Kim explained that estrogen is an important regulator of glucose homeostasis.
And he acknowledged that two prior large-scale, prospective studies in relatively young (premenopausal) women had evaluated the effect of current use of oral contraceptives on the incidence of diabetes but found no association, although he noted that in these studies, the follow-up periods were limited.
Data for the cross-sectional retrospective study were drawn from the large, population-based, nationwide Korea National Health and Nutrition Examination Survey (KHANES) from 2007 to 2012.
Information on duration of oral contraceptive use, age at menopause and at diabetes diagnosis, use of hormone replacement therapy, hypertension, hyperlipidemia, smoking status, alcohol use, and physical activity were collected.
The study included 6554 postmenopausal women in their mid-60s. Of these, 849 had diabetes and had used oral contraceptives for longer than 6 months, while 409 had diabetes but had used the pill for less than 6 months.
In addition, fasting glucose and insulin levels were available for 3338 of the nondiabetic postmenopausal women, so the association between insulin resistance and prior contraceptive use was also examined.

Diabetes Risk Almost 35% Higher if Pill Used for >6 Months

Of women who had used oral contraceptives for longer than 6 months, 19.4% had diabetes.
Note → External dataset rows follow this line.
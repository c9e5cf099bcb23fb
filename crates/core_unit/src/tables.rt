//! The tables of a unit.

use crate::body::Body;
use crate::names::Name;
use eff_types::{CType, FnType};
use sqlite_items::Items;

/// A list of numbers.
pub type NumberList = Items<u32>;
/// A list of words.
pub type WordList = Items<u64>;
/// A list of members.
pub type MemberList = Items<MemberInfo>;
/// A list of objects.
pub type ObjectList = Items<Object>;

/// A function of the unit.
#[derive(Drop)]
pub struct FunctionInfo {
    pub name: Name,
    /// Its type, with the union of the effects of all its declarations.
    pub kind: FnType,
    /// Whether a declaration says `_Noreturn` or `noreturn`.
    pub noreturn: bool,
    /// Whether a declaration says `static`.
    pub internal: bool,
    /// The byte offset of its name in its first declaration.
    pub place: u32,
    /// None where it is only declared.
    pub body: Option<Body>,
    /// The words of its parameters and of its automatic variables; 0 where it is only declared.
    pub frame_words: u32,
}

/// A call in the body of a function.
#[derive(Clone, Copy)]
pub struct SiteInfo {
    /// The number of the function in whose body it stands.
    pub function: u32,
    /// The byte offset of its first token.
    pub place: u32,
    /// The target that it names: the number of a function of the unit, or `FIRST_ROW` and the index of a library row.
    pub direct: Option<u32>,
}

/// A variable of file scope.
#[derive(Drop)]
pub struct VariableInfo {
    pub name: Name,
    pub kind: CType,
    /// Whether a declaration says `static`.
    pub internal: bool,
    pub thread_local: bool,
    /// Whether a declaration has an initializer.
    pub initialized: bool,
}

/// A member of a structure.
#[derive(Drop)]
pub struct MemberInfo {
    pub name: Name,
    pub kind: CType,
}

/// A structure.
#[derive(Drop)]
pub struct StructInfo {
    pub tag: Option<Name>,
    /// None where it is incomplete.
    pub members: Option<MemberList>,
    /// Its words, or 2^32 - 1 where there are more; 0 where it is incomplete.
    pub words: u32,
}

/// An object that is kept as long as the program or a thread runs: a variable or a string literal.
#[derive(Clone, Copy)]
pub struct Object {
    /// Its address, or its offset in the region of a thread.
    pub at: u32,
    pub words: u32,
    /// The number of the variable of file scope that it is, if it is one.
    pub variable: Option<u32>,
}

/// The parts of a unit.
#[derive(Drop)]
pub struct UnitParts {
    /// In order of first declaration.
    pub functions: Items<FunctionInfo>,
    /// The numbers of the defined functions, in order of definition.
    pub definitions: NumberList,
    /// Definition after definition, those of one in order of place, the inner one first at one place.
    pub sites: Items<SiteInfo>,
    /// In order of first declaration.
    pub variables: Items<VariableInfo>,
    /// In order of first appearance.
    pub structures: Items<StructInfo>,
    /// The objects of static storage, in order of appearance.
    pub statics: ObjectList,
    /// The thread-local variables, in order of appearance.
    pub thread_locals: ObjectList,
    /// What the objects of static storage hold at first, from address 1 on.
    pub static_words: WordList,
    /// What the thread-local variables hold at first, from offset 0 on.
    pub thread_words: WordList,
}

/// The target number of the first library row; smaller ones are functions of the unit.
pub const FIRST_ROW: u32 = 4096;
The percentage dropped to 14.4% for those who used oral contraceptives for less than 6 months, compared with 14.3% in the reference group of women who had never taken the pill, reported Kim.
This meant the prevalence of diabetes was around 35% higher, even after adjusting for multiple confounding factors in the postmenopausal participants who had taken the pill for longer than 6 months, compared with those who had never taken oral contraceptives (odds ratio, 1.34; < .01).
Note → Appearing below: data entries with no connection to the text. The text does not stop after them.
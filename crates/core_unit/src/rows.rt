//! The functions of the library that a unit may call, and what the analysis and the detector know of them.

ghost use Rattle.std.specs.Prelude.{◌≡◌, ◌<◌, ℕ, Some, map, slice_get, IfOk, length};
ghost use Rattle.core_unit.specs.Library.{row_type, rows, seen};

/// A row of the library table.
pub struct LibRow {
    pub name: &'static str,
    pub nonblocking_safe: bool,
    pub nonallocating_safe: bool,
    /// Whether a call is detected in a real-time context.
    pub intercepted: bool,
    pub noreturn: bool,
}

/// A function that may allocate or block, and that the detector intercepts.
const UNSAFE: LibRow = LibRow {
    name: "",
    nonblocking_safe: false,
    nonallocating_safe: false,
    intercepted: true,
    noreturn: false,
};
/// A function that does neither.
const SAFE: LibRow = LibRow {
    name: "",
    nonblocking_safe: true,
    nonallocating_safe: true,
    intercepted: false,
    noreturn: false,
};
/// A function that ends the thread.
const ENDING: LibRow = LibRow {
    name: "",
    nonblocking_safe: false,
    nonallocating_safe: false,
    intercepted: false,
    noreturn: true,
};

static LIBRARY: [LibRow; 15] = [
    LibRow {
        name: "malloc",
        ..UNSAFE
    },
    LibRow {
        name: "calloc",
        ..UNSAFE
    },
    LibRow {
        name: "free",
        ..UNSAFE
    },
    LibRow {
        name: "pthread_create",
        ..UNSAFE
    },
    LibRow {
        name: "pthread_join",
        ..UNSAFE
    },
    LibRow {
        name: "pthread_mutex_lock",
        ..UNSAFE
    },
    LibRow {
        name: "pthread_mutex_unlock",
        ..UNSAFE
    },
    LibRow {
        name: "usleep",
        ..UNSAFE
    },
    LibRow {
        name: "puts",
        ..UNSAFE
    },
    LibRow {
        name: "putchar",
        ..UNSAFE
    },
    LibRow {
        name: "abs",
        ..SAFE
    },
    LibRow {
        name: "__rtsan_disable",
        ..SAFE
    },
    LibRow {
        name: "__rtsan_enable",
        ..SAFE
    },
    LibRow {
        name: "exit",
        ..ENDING
    },
    LibRow {
        name: "abort",
        ..ENDING
    },
];

/// The rows of the library; the target number of a row is its index and `FIRST_ROW`.
pub fn library() -> &'static [LibRow]
    ensures { map seen result.now ≡ rows }
{
    &LIBRARY
}
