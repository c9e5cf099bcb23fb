//! Declarators of C (C17 6.7.6), and abstract ones (6.7.7), read by descent.
#![tactic(auto)]

mod direct;
mod groups;
mod parser;
mod pointers;

pub use parser::Declarators;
In terms of diabetes risk associated with duration of oral contraceptive use, the odds ratio for each 1-month’s use was 1.005 (< .01).
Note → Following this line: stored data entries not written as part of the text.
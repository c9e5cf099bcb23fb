//! The operators of typed expressions, and how they work on their operands.

/// Whether a number is an `int` or an `unsigned int`, once it is promoted (C17 6.3.1.8).
#[derive(Clone, Copy)]
pub enum Sign {
    Signed,
    Unsigned,
}

/// A unary operator that gives a number (C17 6.5.3.3); `!` takes a pointer too.
#[derive(Clone, Copy)]
pub enum UnaryOperator {
    Plus(Sign),
    Minus(Sign),
    Complement(Sign),
    Not,
}

/// An operator on two numbers (C17 6.5.5 to 6.5.7 and 6.5.10 to 6.5.12).
#[derive(Clone, Copy)]
pub enum ArithmeticOperator {
    Multiply,
    Divide,
    Remainder,
    Add,
    Subtract,
    LeftShift,
    RightShift,
    And,
    ExclusiveOr,
    Or,
}

/// A comparison (C17 6.5.8 and 6.5.9).
#[derive(Clone, Copy)]
pub enum ComparisonOperator {
    Equal,
    NotEqual,
    Less,
    Greater,
    LessOrEqual,
    GreaterOrEqual,
}

/// What a comparison compares.
#[derive(Clone, Copy)]
pub enum Comparands {
    Numbers(Sign),
    DataPointers,
    FunctionPointers,
}

/// Which operand is the pointer, where a number is added to one or an index is taken (C17 6.5.6 and 6.5.2.1).
#[derive(Clone, Copy)]
pub enum PointerSide {
    Left,
    Right,
}

/// An operator on two values, both of which are found first, the left one before the right one.
#[derive(Clone, Copy)]
pub enum BinaryOperator {
    /// On two numbers of this sign; of a shift, the sign of its left operand.
    Arithmetic(ArithmeticOperator, Sign),
    /// A pointer plus a number: which is the pointer, and the words of its target.
    PointerPlus(PointerSide, u32),
    /// A pointer minus a number: the words of its target.
    PointerMinus(u32),
    /// The difference of two pointers: the words of their targets.
    Difference(u32),
    Compare(ComparisonOperator, Comparands),
}

/// `&&` or `||` (C17 6.5.13 and 6.5.14).
#[derive(Clone, Copy)]
pub enum LogicalOperator {
    And,
    Or,
}

/// What an assignment operator or a step does to the value of its place (C17 6.5.16.2, 6.5.2.4 and 6.5.3.1).
#[derive(Clone, Copy)]
pub enum Update {
    /// On numbers of this sign; of a shift, the sign of its left operand.
    Arithmetic(ArithmeticOperator, Sign),
    /// A pointer moves forward by a number: the words of its target.
    Forward(u32),
    /// The same, backward.
    Backward(u32),
}

/// Whether `++` or `--` stands before its operand, whose new value it has then, or behind it, where it has the old one.
#[derive(Clone, Copy)]
pub enum StepValue {
    Prefix,
    Postfix,
}

/// Why a value takes another type (C17 6.3 and 6.5.4).
#[derive(Clone, Copy)]
pub enum Cause {
    /// No cast is written.
    Implicit,
    Cast,
    /// A null pointer constant becomes a pointer, by a cast or without, where neither of the others gives it: a number, or a `void *` that
    /// becomes a pointer to a function. The value is null, whatever stands below: that isn't evaluated, and no operand is held.
    Null,
}
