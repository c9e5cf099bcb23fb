//! What the layers above read off types.

ghost use Rattle.std.specs.Prelude.{◌≡◌};
ghost use Rattle.std.specs.Option.{option_copied};
ghost use Rattle.core_unit.specs.Shapes as spec;

use eff_types::{CType, FnType, Level};

/// The type as a function type, if it is one.
#[tactic(auto, using(crate::proofs::Callees::callee_rules))]
fn function_in(kind: &CType) -> Option<&FnType>
    ensures { option_copied result ≡ spec.function_in kind.now }
{
    match kind {
        CType::Function(function) => Some(function),
        CType::Pointer(_) => None,
        CType::Array(_, _) => None,
        CType::Void => None,
        CType::Char => None,
        CType::Int => None,
        CType::Unsigned => None,
        CType::Mutex => None,
        CType::Struct(_) => None,
    }
}

/// The function type that a type is or points to: by it a value is called, and it tells how many parameters there are.
#[tactic(auto, using(crate::proofs::Callees::callee_rules))]
pub fn callee_of(kind: &CType) -> Option<&FnType>
    ensures { option_copied result ≡ spec.callee_of kind.now }
{
    match kind {
        CType::Function(function) => Some(function),
        CType::Pointer(target) => function_in(target.get()),
        CType::Array(_, _) => None,
        CType::Void => None,
        CType::Char => None,
        CType::Int => None,
        CType::Unsigned => None,
        CType::Mutex => None,
        CType::Struct(_) => None,
    }
}

/// The level that is known of the function which a type is or points to, and which the store of such a pointer writes; Plain of
/// every other type.
pub fn level_of(kind: &CType) -> Level
    ensures { result ≡ spec.level_of kind.now }
{
    match callee_of(kind) {
        Some(function) => function.effects.level,
        None => Level::Plain,
    }
}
“The prevalence of diabetes showed an increasing trend of 0.5% per 1 month of oral contraceptive use,” Kim reported.
“These results suggest that prolonged use of oral contraceptives at childbearing age may be a potential risk factor for developing diabetes after menopause,” he asserted.
Taking oral contraceptives for longer than 6 months also led to a significant increase in fasting insulin levels and insulin resistance (the latter assessed using the homeostatic model of insulin resistance) in nondiabetic participants, compared with those who had never used the contraceptive pill.

Life Happens…

Bower concluded by saying, “We do know that exposures that occur earlier in life can influence health outcomes many years later, but there is lots that can happen along the way that can complicate things.”
Next steps should include “examining these and other data more closely to determine whether this increased risk is due to the oral contraceptives themselves, or other diabetes risk factors that may also be associated with, or a result of oral contraceptive use,” she added.
Kim acknowledged that the study had several limitations and added that “further investigation is necessary to clarify the long-term effect of oral contraceptives on the risk of diabetes in later life.”
Neither Dr Kim nor Dr Bower have disclosed any relevant financial relationships.
American Diabetes Association (ADA) 78th Scientific Sessions. Abstract 177-OR, presented on June 24, 2018.